Data listing:
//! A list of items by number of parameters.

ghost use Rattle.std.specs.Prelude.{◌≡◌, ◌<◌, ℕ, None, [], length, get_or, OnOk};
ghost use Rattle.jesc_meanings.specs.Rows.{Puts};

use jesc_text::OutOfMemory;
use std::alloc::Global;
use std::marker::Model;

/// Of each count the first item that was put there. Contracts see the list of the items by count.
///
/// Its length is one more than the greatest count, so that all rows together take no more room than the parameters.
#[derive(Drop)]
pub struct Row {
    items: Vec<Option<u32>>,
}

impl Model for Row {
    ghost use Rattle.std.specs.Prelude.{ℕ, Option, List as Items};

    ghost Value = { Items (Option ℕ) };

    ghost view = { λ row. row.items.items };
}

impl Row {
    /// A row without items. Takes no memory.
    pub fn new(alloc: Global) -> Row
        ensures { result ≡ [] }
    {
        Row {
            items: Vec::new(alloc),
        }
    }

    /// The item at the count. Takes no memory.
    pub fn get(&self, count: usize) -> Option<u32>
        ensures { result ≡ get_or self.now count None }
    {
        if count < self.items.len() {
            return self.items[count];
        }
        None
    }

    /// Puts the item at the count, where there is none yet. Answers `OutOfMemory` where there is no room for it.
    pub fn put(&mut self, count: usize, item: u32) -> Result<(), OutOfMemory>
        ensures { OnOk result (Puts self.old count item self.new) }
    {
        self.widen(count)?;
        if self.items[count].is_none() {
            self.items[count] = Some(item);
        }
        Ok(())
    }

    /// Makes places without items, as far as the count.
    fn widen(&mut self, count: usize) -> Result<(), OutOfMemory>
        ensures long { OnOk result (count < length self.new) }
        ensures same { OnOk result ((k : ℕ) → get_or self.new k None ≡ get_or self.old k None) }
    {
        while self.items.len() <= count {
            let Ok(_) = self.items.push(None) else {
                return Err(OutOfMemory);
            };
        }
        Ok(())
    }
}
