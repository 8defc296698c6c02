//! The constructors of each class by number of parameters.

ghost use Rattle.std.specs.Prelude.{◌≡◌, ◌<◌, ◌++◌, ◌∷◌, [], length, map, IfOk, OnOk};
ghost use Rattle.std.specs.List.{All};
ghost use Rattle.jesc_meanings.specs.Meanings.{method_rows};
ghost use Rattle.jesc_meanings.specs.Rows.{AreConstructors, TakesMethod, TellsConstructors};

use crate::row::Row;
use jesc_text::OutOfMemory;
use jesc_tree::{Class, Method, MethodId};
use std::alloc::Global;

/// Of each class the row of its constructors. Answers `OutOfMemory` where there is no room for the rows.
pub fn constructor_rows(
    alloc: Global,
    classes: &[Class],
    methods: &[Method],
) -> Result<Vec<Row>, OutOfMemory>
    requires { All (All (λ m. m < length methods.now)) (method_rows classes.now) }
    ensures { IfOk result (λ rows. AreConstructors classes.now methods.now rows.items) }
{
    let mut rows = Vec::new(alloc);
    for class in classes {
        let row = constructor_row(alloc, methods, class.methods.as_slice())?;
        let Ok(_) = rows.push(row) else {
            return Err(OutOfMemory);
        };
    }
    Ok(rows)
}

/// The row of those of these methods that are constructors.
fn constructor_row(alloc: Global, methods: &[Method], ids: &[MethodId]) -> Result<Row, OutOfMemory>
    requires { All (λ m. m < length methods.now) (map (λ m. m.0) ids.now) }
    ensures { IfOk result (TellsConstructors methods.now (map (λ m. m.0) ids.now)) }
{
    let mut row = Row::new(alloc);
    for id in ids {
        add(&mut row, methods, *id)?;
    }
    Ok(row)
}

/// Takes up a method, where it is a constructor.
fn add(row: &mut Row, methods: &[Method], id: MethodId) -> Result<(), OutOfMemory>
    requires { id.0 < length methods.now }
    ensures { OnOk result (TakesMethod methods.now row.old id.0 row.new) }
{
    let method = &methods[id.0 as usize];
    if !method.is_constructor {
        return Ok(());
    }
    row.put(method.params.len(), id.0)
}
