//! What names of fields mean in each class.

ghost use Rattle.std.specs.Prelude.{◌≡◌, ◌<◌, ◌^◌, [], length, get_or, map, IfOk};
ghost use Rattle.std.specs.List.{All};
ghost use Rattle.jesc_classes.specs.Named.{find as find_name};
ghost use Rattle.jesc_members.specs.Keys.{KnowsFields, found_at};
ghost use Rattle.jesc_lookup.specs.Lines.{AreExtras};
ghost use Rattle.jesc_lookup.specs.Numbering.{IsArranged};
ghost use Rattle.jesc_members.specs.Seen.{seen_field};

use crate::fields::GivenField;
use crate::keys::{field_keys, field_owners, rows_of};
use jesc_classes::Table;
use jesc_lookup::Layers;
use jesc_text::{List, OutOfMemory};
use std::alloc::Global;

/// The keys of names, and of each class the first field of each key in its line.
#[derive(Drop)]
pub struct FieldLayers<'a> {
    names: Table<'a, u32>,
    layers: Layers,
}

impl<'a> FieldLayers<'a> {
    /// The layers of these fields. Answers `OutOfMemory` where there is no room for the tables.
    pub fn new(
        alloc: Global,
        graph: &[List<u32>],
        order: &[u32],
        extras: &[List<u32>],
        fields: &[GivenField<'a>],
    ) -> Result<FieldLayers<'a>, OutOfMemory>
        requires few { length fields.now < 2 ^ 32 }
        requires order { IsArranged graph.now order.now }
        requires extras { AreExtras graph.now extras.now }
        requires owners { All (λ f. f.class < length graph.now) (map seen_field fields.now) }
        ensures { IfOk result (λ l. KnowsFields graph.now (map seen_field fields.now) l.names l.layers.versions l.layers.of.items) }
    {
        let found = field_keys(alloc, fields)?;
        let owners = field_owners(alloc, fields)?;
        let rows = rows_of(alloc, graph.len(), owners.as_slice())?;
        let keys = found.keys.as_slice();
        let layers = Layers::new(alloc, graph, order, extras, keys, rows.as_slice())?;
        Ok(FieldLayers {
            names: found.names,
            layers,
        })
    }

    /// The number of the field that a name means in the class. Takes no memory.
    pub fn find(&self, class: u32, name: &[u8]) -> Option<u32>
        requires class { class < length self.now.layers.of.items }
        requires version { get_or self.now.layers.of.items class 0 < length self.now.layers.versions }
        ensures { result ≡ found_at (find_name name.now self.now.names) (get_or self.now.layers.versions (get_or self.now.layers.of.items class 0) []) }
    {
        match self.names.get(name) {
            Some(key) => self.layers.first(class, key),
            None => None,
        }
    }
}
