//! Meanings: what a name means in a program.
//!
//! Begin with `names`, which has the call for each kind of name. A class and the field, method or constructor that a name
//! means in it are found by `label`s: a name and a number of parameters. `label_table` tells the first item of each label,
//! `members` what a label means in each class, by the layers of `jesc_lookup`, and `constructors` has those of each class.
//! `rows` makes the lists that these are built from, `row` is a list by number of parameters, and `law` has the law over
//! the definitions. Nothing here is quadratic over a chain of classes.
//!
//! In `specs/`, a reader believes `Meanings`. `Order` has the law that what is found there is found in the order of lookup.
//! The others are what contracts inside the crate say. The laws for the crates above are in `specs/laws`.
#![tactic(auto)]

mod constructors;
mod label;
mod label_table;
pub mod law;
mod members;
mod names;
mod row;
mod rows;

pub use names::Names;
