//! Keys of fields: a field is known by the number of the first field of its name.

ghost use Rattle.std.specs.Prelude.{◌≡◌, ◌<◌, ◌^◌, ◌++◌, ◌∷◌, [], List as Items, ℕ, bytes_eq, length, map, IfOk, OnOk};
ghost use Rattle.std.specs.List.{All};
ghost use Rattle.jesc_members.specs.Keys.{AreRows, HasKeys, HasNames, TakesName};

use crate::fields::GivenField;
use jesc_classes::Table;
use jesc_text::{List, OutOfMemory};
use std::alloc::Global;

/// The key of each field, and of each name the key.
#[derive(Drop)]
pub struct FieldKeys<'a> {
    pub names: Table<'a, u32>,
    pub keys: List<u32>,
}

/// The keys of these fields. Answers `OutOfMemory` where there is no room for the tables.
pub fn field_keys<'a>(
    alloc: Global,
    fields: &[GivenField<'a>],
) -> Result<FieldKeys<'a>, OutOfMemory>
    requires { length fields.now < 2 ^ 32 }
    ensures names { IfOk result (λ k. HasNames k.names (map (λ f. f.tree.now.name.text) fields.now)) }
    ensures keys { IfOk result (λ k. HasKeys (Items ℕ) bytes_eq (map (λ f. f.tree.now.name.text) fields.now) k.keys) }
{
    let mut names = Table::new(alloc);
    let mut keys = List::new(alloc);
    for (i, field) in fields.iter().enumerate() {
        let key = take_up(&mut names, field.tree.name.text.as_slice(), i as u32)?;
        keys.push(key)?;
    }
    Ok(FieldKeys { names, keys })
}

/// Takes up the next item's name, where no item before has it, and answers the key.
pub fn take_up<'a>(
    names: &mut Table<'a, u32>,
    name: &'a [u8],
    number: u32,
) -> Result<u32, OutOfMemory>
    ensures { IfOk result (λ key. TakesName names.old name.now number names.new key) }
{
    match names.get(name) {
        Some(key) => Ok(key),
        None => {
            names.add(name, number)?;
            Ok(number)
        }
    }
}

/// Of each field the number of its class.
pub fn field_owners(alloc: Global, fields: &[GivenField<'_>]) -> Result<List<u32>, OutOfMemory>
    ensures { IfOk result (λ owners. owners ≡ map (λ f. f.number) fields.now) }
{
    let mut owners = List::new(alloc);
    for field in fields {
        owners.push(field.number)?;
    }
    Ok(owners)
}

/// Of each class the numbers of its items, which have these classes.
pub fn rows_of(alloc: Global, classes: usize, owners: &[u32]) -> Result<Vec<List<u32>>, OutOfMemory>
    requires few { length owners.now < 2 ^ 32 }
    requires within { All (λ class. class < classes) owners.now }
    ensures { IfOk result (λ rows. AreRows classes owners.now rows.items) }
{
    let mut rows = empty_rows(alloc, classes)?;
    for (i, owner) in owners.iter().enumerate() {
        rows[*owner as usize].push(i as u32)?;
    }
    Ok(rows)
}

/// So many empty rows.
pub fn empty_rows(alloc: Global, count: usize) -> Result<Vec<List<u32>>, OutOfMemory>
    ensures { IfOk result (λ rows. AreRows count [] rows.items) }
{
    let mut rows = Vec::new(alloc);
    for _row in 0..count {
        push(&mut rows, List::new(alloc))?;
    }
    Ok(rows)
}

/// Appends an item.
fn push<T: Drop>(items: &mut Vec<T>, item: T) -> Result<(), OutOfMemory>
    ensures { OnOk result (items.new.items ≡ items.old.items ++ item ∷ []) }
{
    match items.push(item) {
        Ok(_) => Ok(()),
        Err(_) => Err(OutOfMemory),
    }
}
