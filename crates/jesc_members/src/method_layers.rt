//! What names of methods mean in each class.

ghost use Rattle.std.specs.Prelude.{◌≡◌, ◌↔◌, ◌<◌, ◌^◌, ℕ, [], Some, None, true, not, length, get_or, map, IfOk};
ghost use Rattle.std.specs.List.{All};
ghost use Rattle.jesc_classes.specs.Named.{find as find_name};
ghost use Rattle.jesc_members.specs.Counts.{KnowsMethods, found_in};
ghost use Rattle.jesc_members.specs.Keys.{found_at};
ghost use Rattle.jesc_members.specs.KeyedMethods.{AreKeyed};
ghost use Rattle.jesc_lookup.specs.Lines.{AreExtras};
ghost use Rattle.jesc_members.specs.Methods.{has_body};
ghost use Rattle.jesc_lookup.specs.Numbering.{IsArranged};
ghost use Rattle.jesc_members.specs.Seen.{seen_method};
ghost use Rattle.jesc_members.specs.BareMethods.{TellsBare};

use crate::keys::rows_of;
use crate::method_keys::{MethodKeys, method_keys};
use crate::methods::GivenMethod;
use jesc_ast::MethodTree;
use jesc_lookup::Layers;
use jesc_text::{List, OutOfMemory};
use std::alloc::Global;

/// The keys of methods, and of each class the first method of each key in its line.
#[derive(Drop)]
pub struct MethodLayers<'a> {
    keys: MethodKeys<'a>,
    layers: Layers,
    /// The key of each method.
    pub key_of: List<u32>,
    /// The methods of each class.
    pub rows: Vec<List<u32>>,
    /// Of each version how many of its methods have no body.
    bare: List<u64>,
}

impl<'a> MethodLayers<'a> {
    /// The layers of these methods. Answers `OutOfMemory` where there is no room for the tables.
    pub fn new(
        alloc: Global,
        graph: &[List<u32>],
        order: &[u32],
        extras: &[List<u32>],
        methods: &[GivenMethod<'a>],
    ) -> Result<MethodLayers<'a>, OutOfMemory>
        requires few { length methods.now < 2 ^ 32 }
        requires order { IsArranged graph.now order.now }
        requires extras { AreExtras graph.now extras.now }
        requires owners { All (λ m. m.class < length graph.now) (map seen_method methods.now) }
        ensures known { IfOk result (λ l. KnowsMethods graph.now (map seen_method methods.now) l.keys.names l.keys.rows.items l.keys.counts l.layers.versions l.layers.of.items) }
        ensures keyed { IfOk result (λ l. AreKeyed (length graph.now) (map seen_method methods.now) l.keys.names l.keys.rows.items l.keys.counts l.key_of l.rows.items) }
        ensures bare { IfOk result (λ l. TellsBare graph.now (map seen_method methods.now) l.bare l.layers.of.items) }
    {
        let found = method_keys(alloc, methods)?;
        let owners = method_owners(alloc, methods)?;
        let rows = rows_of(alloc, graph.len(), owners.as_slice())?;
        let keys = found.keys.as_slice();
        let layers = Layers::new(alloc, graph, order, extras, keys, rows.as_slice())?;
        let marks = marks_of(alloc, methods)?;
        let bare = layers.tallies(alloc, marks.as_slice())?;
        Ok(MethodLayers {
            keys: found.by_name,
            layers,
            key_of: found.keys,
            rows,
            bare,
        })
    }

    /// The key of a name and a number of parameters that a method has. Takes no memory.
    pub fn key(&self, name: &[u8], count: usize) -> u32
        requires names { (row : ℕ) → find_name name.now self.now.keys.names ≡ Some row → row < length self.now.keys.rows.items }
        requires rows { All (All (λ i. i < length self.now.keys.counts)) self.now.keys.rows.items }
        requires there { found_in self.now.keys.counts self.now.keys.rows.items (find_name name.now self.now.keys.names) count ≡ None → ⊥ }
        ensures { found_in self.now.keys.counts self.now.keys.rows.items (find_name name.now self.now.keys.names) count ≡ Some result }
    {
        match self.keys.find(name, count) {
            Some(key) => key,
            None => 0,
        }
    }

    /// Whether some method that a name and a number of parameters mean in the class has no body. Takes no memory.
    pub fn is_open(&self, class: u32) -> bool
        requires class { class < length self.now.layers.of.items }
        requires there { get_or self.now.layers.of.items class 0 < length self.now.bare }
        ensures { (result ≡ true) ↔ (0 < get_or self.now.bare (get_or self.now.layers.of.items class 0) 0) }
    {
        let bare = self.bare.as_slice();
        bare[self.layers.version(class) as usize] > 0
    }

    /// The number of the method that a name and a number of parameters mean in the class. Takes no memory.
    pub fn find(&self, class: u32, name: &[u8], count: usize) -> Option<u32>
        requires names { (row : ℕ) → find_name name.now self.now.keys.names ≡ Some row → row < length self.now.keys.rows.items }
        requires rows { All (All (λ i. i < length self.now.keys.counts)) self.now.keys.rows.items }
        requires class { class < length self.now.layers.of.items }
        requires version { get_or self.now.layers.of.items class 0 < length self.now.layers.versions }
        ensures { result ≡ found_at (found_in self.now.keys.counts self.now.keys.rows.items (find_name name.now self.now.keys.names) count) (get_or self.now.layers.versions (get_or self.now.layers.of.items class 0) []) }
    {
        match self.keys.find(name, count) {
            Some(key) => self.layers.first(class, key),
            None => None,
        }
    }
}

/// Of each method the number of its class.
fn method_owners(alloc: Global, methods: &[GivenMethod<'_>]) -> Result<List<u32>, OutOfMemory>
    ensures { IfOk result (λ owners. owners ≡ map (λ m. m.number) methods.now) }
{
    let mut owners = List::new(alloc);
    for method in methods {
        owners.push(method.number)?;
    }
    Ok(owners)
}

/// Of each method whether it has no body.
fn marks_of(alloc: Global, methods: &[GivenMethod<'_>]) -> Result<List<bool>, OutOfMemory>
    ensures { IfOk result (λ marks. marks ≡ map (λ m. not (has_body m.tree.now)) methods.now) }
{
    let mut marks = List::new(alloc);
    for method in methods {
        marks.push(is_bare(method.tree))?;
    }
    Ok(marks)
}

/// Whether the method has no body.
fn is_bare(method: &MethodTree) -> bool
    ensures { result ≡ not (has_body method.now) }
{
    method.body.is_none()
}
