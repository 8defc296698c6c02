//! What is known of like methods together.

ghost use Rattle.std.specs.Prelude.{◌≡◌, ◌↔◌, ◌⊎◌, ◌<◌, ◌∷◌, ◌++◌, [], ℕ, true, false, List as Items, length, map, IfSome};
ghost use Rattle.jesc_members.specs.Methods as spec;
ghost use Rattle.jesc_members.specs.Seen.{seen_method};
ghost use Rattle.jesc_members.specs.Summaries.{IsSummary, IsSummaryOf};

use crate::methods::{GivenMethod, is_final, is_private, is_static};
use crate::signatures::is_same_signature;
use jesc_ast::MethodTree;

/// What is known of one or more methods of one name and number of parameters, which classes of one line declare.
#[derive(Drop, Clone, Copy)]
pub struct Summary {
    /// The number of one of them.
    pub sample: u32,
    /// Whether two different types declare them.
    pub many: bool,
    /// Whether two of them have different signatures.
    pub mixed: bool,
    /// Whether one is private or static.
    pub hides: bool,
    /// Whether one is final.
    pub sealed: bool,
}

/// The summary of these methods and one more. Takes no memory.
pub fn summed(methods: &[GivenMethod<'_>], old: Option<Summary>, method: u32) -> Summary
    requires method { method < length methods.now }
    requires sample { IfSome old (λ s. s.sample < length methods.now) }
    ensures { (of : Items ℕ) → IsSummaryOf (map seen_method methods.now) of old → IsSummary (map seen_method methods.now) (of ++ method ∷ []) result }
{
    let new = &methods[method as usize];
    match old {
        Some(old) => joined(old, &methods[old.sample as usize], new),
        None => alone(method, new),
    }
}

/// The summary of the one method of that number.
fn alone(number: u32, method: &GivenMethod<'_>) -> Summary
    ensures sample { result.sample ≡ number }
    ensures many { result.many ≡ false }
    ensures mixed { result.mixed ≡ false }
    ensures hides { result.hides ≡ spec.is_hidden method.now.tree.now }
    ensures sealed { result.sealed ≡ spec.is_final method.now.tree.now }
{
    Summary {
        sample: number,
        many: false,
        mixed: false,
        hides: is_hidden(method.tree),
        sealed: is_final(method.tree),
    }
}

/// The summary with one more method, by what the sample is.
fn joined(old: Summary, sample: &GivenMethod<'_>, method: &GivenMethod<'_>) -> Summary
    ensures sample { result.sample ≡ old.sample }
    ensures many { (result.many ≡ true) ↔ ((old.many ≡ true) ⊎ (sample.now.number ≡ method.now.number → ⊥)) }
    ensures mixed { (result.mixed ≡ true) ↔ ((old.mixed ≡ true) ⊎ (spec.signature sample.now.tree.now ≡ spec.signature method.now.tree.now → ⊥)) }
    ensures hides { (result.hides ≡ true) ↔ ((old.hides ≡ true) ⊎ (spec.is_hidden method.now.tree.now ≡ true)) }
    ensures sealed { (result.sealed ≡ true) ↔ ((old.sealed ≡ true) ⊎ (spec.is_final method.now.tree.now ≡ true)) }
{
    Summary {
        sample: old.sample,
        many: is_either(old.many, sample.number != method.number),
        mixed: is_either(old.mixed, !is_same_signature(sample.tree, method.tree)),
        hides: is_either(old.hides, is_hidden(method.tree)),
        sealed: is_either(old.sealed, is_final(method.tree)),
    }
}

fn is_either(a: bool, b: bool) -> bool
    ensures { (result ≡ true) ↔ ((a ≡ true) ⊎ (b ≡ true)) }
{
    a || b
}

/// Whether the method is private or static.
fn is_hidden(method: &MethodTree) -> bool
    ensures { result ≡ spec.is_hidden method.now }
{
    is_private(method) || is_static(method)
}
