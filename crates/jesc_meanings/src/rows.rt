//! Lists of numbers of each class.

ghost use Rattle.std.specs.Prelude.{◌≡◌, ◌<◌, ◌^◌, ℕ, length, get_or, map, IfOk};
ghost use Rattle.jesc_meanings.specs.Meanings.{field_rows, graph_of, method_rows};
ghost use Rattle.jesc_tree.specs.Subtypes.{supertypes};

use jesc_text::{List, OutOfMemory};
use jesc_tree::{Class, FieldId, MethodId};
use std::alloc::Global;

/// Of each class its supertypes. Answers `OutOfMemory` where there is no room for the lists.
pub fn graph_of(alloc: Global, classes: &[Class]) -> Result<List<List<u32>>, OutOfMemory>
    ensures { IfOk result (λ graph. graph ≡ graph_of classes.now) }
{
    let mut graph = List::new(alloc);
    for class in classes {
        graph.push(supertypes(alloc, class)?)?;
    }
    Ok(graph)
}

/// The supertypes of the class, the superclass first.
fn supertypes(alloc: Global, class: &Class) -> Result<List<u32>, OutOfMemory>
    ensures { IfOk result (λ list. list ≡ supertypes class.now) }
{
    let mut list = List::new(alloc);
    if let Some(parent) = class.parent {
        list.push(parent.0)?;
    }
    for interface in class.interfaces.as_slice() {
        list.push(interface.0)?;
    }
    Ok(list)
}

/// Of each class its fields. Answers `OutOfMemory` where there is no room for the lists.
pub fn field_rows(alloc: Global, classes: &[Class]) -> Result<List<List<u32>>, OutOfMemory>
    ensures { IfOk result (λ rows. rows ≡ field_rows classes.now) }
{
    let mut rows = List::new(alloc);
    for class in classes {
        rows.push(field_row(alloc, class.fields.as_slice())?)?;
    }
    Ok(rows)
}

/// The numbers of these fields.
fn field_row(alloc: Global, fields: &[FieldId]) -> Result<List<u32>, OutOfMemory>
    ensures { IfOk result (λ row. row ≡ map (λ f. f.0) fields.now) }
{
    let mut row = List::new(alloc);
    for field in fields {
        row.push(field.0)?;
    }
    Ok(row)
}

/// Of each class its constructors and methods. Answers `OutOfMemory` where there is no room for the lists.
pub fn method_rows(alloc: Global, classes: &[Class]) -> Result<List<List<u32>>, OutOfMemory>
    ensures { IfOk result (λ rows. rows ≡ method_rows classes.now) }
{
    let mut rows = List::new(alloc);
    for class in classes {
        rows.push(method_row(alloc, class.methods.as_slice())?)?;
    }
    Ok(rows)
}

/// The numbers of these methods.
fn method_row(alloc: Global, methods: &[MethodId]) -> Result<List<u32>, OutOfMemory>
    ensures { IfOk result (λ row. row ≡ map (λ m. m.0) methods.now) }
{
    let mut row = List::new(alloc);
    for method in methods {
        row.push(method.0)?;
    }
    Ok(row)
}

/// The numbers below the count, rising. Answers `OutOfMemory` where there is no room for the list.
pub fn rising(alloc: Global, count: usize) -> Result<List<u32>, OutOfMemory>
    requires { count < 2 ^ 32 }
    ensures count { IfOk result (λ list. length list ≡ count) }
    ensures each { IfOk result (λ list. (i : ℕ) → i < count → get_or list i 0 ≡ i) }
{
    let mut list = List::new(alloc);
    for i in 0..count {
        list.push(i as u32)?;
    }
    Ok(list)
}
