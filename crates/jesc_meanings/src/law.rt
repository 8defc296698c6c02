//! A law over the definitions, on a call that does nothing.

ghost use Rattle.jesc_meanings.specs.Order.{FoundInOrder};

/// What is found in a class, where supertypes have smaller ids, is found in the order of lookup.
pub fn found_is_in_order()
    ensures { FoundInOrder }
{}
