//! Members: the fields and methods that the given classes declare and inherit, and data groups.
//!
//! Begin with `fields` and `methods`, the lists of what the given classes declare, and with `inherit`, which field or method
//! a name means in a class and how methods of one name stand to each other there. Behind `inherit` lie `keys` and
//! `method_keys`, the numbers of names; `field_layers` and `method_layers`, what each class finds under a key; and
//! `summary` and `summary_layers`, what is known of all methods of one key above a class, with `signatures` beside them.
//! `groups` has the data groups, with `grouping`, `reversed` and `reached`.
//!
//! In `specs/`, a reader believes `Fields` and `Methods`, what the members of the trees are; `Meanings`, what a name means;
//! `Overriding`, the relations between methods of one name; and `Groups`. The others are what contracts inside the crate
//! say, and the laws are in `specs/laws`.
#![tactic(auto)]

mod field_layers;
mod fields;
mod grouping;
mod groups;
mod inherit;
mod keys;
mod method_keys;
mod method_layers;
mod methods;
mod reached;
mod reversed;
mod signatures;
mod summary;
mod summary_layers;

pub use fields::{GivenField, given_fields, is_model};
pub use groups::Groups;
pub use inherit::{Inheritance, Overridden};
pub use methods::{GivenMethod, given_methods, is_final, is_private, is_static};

Activity:
From the entries, copy out each line containing the word "FoundInOrder".

Written response:
ghost use Rattle.jesc_meanings.specs.Order.{FoundInOrder};
    ensures { FoundInOrder }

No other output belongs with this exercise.